# Trying to tame hand raised budgie but feel like I am going backwards?



## Willow_

Hi everyone! I have a 7 week old hand raised budgie. The budgie tamer who tamed him said before I bought him she would take him out at least a few times a day and that we should continue that when we brought him home to keep him tame. For the first few days, he would step up onto my finger and when I brought him out he would sit contently on my finger for up to an hour and perch on his budgie playground and seemed fine.

The fourth day he didn't want to come out and kept hopping off my finger when I tried to get him out. The set up of my cage is kind of inconvenient because the gate is way at the bottom and his favourite spots are all at the top of the cage so every time I tried to move him on my finger to the gate he would hop off onto a perch on the journey down to the gate. I did eventually get him out and he seemed fine, even falling asleep on my finger.

I did some reading about budgie taming and how you shouldn't force them to come out of their cage if they don't want to so for the next few days, I just fed him millet from my hand. He will eat the millet off my hand but if I move it further so he has to step on my hand to get it he won't get on my hand. I can also get him to perch on my finger and eat the millet from there, but I have to push him to get on my finger by coming up from under his toes with my finger, he won't step up, and I don't know if I am being too forceful when I do that. 

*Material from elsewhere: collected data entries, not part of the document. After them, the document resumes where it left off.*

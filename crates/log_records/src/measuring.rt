// How long the blocks of a new log will be, before anything of it is written.
ghost use Rattle.std.specs.Prelude.{◌≡◌, ◌<◌, ◌≤◌, ◌+◌, ◌*◌, ◌^◌, ◌∷◌, ◌++◌, [], IfErr, IfOk, List, ℕ, OnOk, length};
ghost use Rattle.disk_model.specs.Disk.{Rises, Stays};
ghost use Rattle.formats.specs.Reading.{FailsBy};
ghost use Rattle.formats.specs.Records.{record_code};
ghost use Rattle.formats.specs.declared.record.Record.{Record};
ghost use Rattle.log_records.specs.Loading.{IsTailFault};
ghost use Rattle.log_records.specs.Measuring.{block_lengths};
ghost use Rattle.log_records.specs.Measured.{IsMeasured};
ghost use Rattle.log_records.specs.RecordReader.{AreAll};

use crate::measured::Measured;
use crate::placing::commands_in;
use crate::record_reader::RecordReader;
use crate::rewriting::is_from_lsn;
use dirty_page_table::DirtyPageTable;
use disk_model::Machine;
use formats::{CHECK_HEAD, IDENTITY_HEAD, MAX_PAYLOAD, RECORD_HEAD, ReadErr, Record, START_BYTES};
use log_blocks::LogFile;
use oper_core::{Bounds, Memory, Oper};
use std::alloc::Global;

// How many bytes the code of a record has, which goes into a block.
pub fn code_length<O: Oper>(it: &Record<O>) -> u32
    requires { (b : Bounds) × (length (record_code (O.meaning b) it.now) ≤ 2 ^ 30) }
    ensures { (b : Bounds) → result ≡ length (record_code (O.meaning b) it.now) }
{
    match it {
        Record::Command(_, op) => RECORD_HEAD as u32 + op.code_length() as u32,
        Record::Identity(_, _, value) => (IDENTITY_HEAD + value.as_slice().len()) as u32,
        Record::Checkpoint(table) => checkpoint_length(table),
    }
}

// How many bytes the code of a checkpoint with this table has, which goes into a block.
pub fn checkpoint_length(table: &DirtyPageTable) -> u32
    requires { 13 + 12 * length table.now.starts ≤ 2 ^ 30 }
    ensures { result ≡ 13 + 12 * length table.now.starts }
{
    (CHECK_HEAD + START_BYTES * table.starts.as_slice().len()) as u32
}

// Counts a record, whose code has so many bytes, into the block in hand, or, where it has no room there, into the next. The
// lengths of the full blocks come after those that were found.
pub fn count_record(length: u32, filled: &mut u32, found: &mut Vec<u32>) -> Result<(), Memory>
    requires short { length ≤ 2 ^ 30 }
    requires filled { filled.old ≤ 2 ^ 30 }
    ensures counted { OnOk result ((rest : List ℕ) → found.old.items ++ block_lengths filled.old (length ∷ rest) ≡ found.new.items ++ block_lengths filled.new rest) }
    ensures filled { OnOk result ((length ≤ filled.new) × (filled.new ≤ 2 ^ 30)) }
{
    if *filled + length <= MAX_PAYLOAD {
        *filled += length;
        return Ok(());
    }
    found.push(*filled)?;
    *filled = length;
    Ok(())
}

// Measures a record more: before the base it is a command or none, and from there on it goes into a block.
fn measure_record<O: Oper>(it: &Record<O>, base: u64, so_far: &mut Measured) -> Result<(), Memory>
    requires short { (b : Bounds) × (length (record_code (O.meaning b) it.now) ≤ 2 ^ 30) }
    requires few { so_far.old.commands < 2 ^ 63 }
    requires filled { so_far.old.filled ≤ 2 ^ 30 }
    ensures { (b : Bounds) (records : List (Record O)) → IsMeasured (O.meaning b) base records so_far.old
        → OnOk result (IsMeasured (O.meaning b) base (records ++ it.now ∷ []) so_far.new) }
{
    if is_from_lsn(it, base) {
        count_record(code_length(it), &mut so_far.filled, &mut so_far.full)?;
        return Ok(());
    }
    so_far.commands += commands_in(it);
    Ok(())
}

// What a log from this base on will be, of the records of a log: one record at a time is in memory.
pub fn measure<O: Oper, M: Machine>(
    alloc: Global,
    m: &mut M,
    b: Bounds,
    log: &LogFile,
    base: u64,
) -> Result<Measured, ReadErr>
    requires { log.now.header.base ≤ 2 ^ 62 }
    ensures kept { Stays (M.disk m.old) (M.disk m.new) }
    ensures measured { IfOk result (λ it. (records : List (Record O)) × AreAll (O.meaning b) (M.disk m.new) log.now records × IsMeasured (O.meaning b) base records it) }
    ensures cause { IfErr result (FailsBy (Rises (M.disk m.old).disk_faults (M.disk m.new).disk_faults)
        (IsTailFault (O.meaning b) (M.disk m.new) log.now)) }
{
    let mut reader = RecordReader::<O>::new(alloc, m, b, log)?;
    let full = Vec::new(alloc);
    let mut so_far = Measured {
        commands: 0,
        full,
        filled: 0,
    };
    while let Some(record) = reader.next(m)? {
        measure_record(&record, base, &mut so_far)?;
    }
    Ok(so_far)
}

I realized later that an easier way to get him out without using the gate on the bottom would be to take off the roof and I tried that this weekend, but he seemed very scared when I took the roof off and started shaking (I imagine it's like someone taking the roof off your house suddenly!) so I don't think that would be a good way to get him out. 

I called the original budgie trainer and she said to take him out of the cage whether he wants to or not because you have to establish you are the dominant one in the relationship and he can't dictate you what to do - but this seems at odds with the other advice I've read about taming budgies. I do worry that the longer he stays in his cage the more settled he will get and that he will never want to come out of it again. 

Does anyone have any advice on what I should keep doing? Should I keep doing the millet hand feeding for a few more weeks? I just feel like I've gone a few steps backwards when he was willing to sit on my finger for long periods of time to now where I can't even get him to step up on my finger to eat millet inside the cage. I'm afraid I did something in those first few days that traumatized him and that's why he doesn't want to leave his cage now.

Thanks in advance!


----------



## JRS

Hi and welcome to the forum

I’d leave him to choose when to come out.

The idea behind a hand tame budgie is that you have a bit of a head start in taming as the bird is not fearful of hands. He isn’t bonded to you and he is still scared, (just not particularly of those grabby hand things - He’s had a more balanced introduction to those things) his whole world has changed.
When you brought home your bird, he did not know his cage as his safe place. You were the closest thing he recognised and he submit. Now he’s accepting the cage as his home in this scary new world.

Leave him to settle in to his new environment. Move gently when you need to be inside the cage to change dishes and clean. Hang out around the cage, chat to him & offer him treats. 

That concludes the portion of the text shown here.